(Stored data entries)
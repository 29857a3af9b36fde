//! How the types of surveys.rt are written and read. Written by tools/derive.py.
//!
//! Sum of Chart: 835382a0.
//! Sum of Survey: bb327ad6.
ghost use Rattle.rmp_decode.specs.Arrays.{Exactly};
ghost use Rattle.rmp_decode.specs.FieldRefusing.{RefusesFields};
ghost use Rattle.rmp_decode.specs.Fields.{OfFields, Field, Absent, NoField};
ghost use Rattle.rmp_decode.specs.Refusing.{part_of};
ghost use Rattle.rmp_decode.specs.Rows.{ReadsEach};
ghost use Rattle.rmp_encode.specs.Markers.{value_of};
ghost use Rattle.rmp_encode.specs.Refusals.{OfParts};
ghost use Rattle.rmp_encode.specs.Sizes.{one_of};
ghost use Rattle.rmp_encode.specs.Trees.{structure_of, tuple_of};
ghost use Rattle.rmp_ends.specs.BufferEnds.{buffer_inside};
ghost use Rattle.rmp_ends.specs.FieldEnds.{fields_inside};
ghost use Rattle.rmp_ends.specs.LeafEnds.{kind_inside, number_inside, nil_inside, signed128_inside, unsigned128_inside, char_inside, string_inside};
ghost use Rattle.rmp_ends.specs.MapEnds.{map_inside};
ghost use Rattle.rmp_ends.specs.RowEnds.{array_inside, each_inside, option_inside, tuple_inside};
ghost use Rattle.rmp_round_trip.specs.AlikeData.{array_alike, bytes_alike, float64_alike, mapping_alike, option_alike};
ghost use Rattle.rmp_round_trip.specs.AlikeData.{sequence_alike, slice_alike, text_alike, unit_alike};
ghost use Rattle.rmp_round_trip.specs.AlikeOrder.{tied};
ghost use Rattle.rmp_round_trip.specs.LeafRounds.{byte_row, unsigned_row_16, unsigned_row_32, unsigned_row_64, signed_row_8, signed_row_16, signed_row_32};
ghost use Rattle.rmp_round_trip.specs.LeafRounds.{pos_other, whole_other, truth_other, char_other, text_other};
ghost use Rattle.rmp_round_trip.specs.LeafRounds.{signed_row_64, truth_row, unit_row, float64_row, char_row, string_row, buffer_row};
ghost use Rattle.rmp_round_trip.specs.MapRounds.{mapping_some, map_row, pairs_row, set_row};
ghost use Rattle.rmp_round_trip.specs.OnlyFields.{field_only, fields_both, last_field};
ghost use Rattle.rmp_round_trip.specs.OnlyLeaves.{unit_only, truth_only, byte_only, unsigned_only, signed_only, float64_only};
ghost use Rattle.rmp_round_trip.specs.OnlyLeaves.{unsigned128_only, signed128_only, char_only, string_only, buffer_only};
ghost use Rattle.rmp_round_trip.specs.OnlyMaps.{entries_only, set_only};
ghost use Rattle.rmp_round_trip.specs.OnlyRows.{array_only, item_only, last_only, list_only, lowers_then, option_only, row_both};
ghost use Rattle.rmp_round_trip.specs.RoundTrip.{Only};
ghost use Rattle.rmp_round_trip.specs.Rounds.{each_some, each_row, rows_map, option_some, option_row, slice_some, slice_row};
ghost use Rattle.rmp_round_trip.specs.Rounds.{tuple_some, tuple_row, sequence_some, sequence_row, rows_none, rows_cons};
ghost use Rattle.rmp_round_trip.specs.StructRounds.{tuple_all, structure_all, structure_row, structure_other, fields_none, fields_cons};
ghost use Rattle.rmp_round_trip.specs.WideRounds.{unsigned128_row, signed128_row};
ghost use Rattle.rmp_wire.specs.Types.{buffer_bytes};
ghost use Rattle.std.proofs.Common.{refl, rules};
ghost use Rattle.std.proofs.lemmas.Cmp.{on_total, nat_list_cmp_total};
ghost use Rattle.std.specs.Cmp.Lexicographic.{slice_cmp};
ghost use Rattle.std.specs.Cmp.Rules.{comparing};
ghost use Rattle.std.specs.Option.{is_none};
ghost use Rattle.std.specs.Ordering.{nat_cmp};
ghost use Rattle.std.specs.Prelude.{◌∷◌, [], None, codes, string_bytes, pos, negsuc};

use super::{BTreeMap, BTreeSet, ByteBuf, Chart, Course, F64Bits, Spot, Survey};
use rmp_decode::{Deserialize, Deserializer, ReadFields, SixteenThen};
use rmp_encode::{Elements, Serialize, Serializer};
use rmp_ends::EndsInside;
use rmp_round_trip::{NeverNil, RoundTrip};
use rmp_wire::config::SerializerConfig;
use rmp_wire::{ReadSlice, Sink};
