//! How the types of ports.rt are written and read. Written by tools/derive.py.
//!
//! Sum of Entry: 752a938e.
ghost use Rattle.rmp_decode.specs.EnumRefusing.{RefusesEnum, no_content, with_content};
ghost use Rattle.rmp_decode.specs.FieldRefusing.{RefusesFields};
ghost use Rattle.rmp_decode.specs.Fields.{OfFields, Field, Absent, NoField};
ghost use Rattle.rmp_decode.specs.Refusing.{RefusesTuple, part_of};
ghost use Rattle.rmp_decode.specs.Rows.{AndThen, NoMore, ReadsEach};
ghost use Rattle.rmp_decode.specs.Seq.{OfRow};
ghost use Rattle.rmp_decode.specs.Variants.{OfVariant, Case, NoCase, Bare, Content};
ghost use Rattle.rmp_encode.specs.Data.{unit_variant};
ghost use Rattle.rmp_encode.specs.Refusals.{OfParts, OfSink};
ghost use Rattle.rmp_encode.specs.Sizes.{one_of};
ghost use Rattle.rmp_encode.specs.Trees.{tuple_variant_of, struct_variant_of, tuple_of};
ghost use Rattle.rmp_ends.specs.EnumEnds.{enum_inside, no_content_inside, with_content_inside};
ghost use Rattle.rmp_ends.specs.FieldEnds.{fields_inside};
ghost use Rattle.rmp_ends.specs.LeafEnds.{kind_inside, number_inside, char_inside, string_inside};
ghost use Rattle.rmp_ends.specs.MapEnds.{map_inside};
ghost use Rattle.rmp_ends.specs.RowEnds.{each_inside, option_inside, tuple_inside};
ghost use Rattle.rmp_round_trip.specs.AlikeData.{mapping_alike, option_alike, slice_alike, text_alike, variant_alike};
ghost use Rattle.rmp_round_trip.specs.AlikeOrder.{tied};
ghost use Rattle.rmp_round_trip.specs.LeafRounds.{byte_row, unsigned_row_16, unsigned_row_64, signed_row_16, signed_row_32};
ghost use Rattle.rmp_round_trip.specs.LeafRounds.{truth_row, char_row, string_row, pos_other};
ghost use Rattle.rmp_round_trip.specs.MapRounds.{mapping_some, map_row, pairs_row};
ghost use Rattle.rmp_round_trip.specs.OnlyFields.{AtPlace, AnyContent, content_fields, content_row, field_only, last_field, variant_both};
ghost use Rattle.rmp_round_trip.specs.OnlyLeaves.{truth_only, byte_only, unsigned_only, signed_only, char_only, string_only};
ghost use Rattle.rmp_round_trip.specs.OnlyMaps.{entries_only};
ghost use Rattle.rmp_round_trip.specs.OnlyRows.{item_only, last_only, list_only, lowers_then, option_only, row_both};
ghost use Rattle.rmp_round_trip.specs.RoundTrip.{Only};
ghost use Rattle.rmp_round_trip.specs.Rounds.{each_some, each_row, option_some, option_row, slice_some, slice_row, tuple_row, rows_none, rows_cons};
ghost use Rattle.rmp_round_trip.specs.StructRounds.{tuple_all, tuple_variant_all, struct_variant_all, fields_none, fields_cons};
ghost use Rattle.rmp_round_trip.specs.VariantRounds.{bare_row, tuple_variant_row, struct_variant_row, bare_other, tuple_variant_other, struct_variant_other};
ghost use Rattle.std.proofs.Common.{refl};
ghost use Rattle.std.proofs.lemmas.Cmp.{on_total, nat_list_cmp_total};
ghost use Rattle.std.specs.Cmp.Lexicographic.{slice_cmp};
ghost use Rattle.std.specs.Ordering.{nat_cmp};
ghost use Rattle.std.specs.Prelude.{◌≡◌, ◌∷◌, [], None, Some, codes, false, ⊤, string_bytes, true, pos, negsuc};
ghost use Rattle.test_enums.specs.declared.ports.Entry.TheVariants as the_entry;
ghost use Rattle.test_enums.specs.declared.ports.TheConstants.{BERTHS};

use super::{BERTHS, BTreeMap, Entry};
use rmp_decode::{Defaulted, Deserialize, Deserializer, ReadFields};
use rmp_encode::{Serialize, Serializer};
use rmp_ends::EndsInside;
use rmp_round_trip::{NeverNil, RoundTrip};
use rmp_wire::config::SerializerConfig;
use rmp_wire::{ReadSlice, Sink};
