//! Vets the plan on standard input against the book in book.img: is it a journey for its query?
#![tactic(auto)]

mod desk;

use crate::desk::serve;
use anyhow::Context;
use books::opened::Opened;
use std::fs;
use std::process::ExitCode;

fn run(rt: &HostRuntime) -> anyhow::Result<()> {
    let image = fs::read(rt, "book.img").context("book.img")?;
    match Opened::open(image.as_slice()) {
        Ok(Opened::Printed(book)) => serve(rt, book),
        Ok(Opened::ClockFace(book)) => serve(rt, book),
        Err(fault) => {
            let number = fault.refusal.number();
            println!(rt; "E {number} {}", fault.byte)?;
            Ok(())
        }
    }
}

// Each program has a main of its own, since what it tells of an error begins with its name.
fn main(rt: HostRuntime) -> ExitCode {
    match run(&rt) {
        Ok(()) => ExitCode::SUCCESS,
        Err(error) => {
            // where this cannot be written either, the status alone tells
            let _ = eprintln!(rt; "vetplan: {error:#}");
            ExitCode::FAILURE
        }
    }
}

HOW TO COMPLETE THIS TASK
Taking every line of the records in turn, count the ones holding "OnlyFields", and state nothing but the number.

SOLUTION
2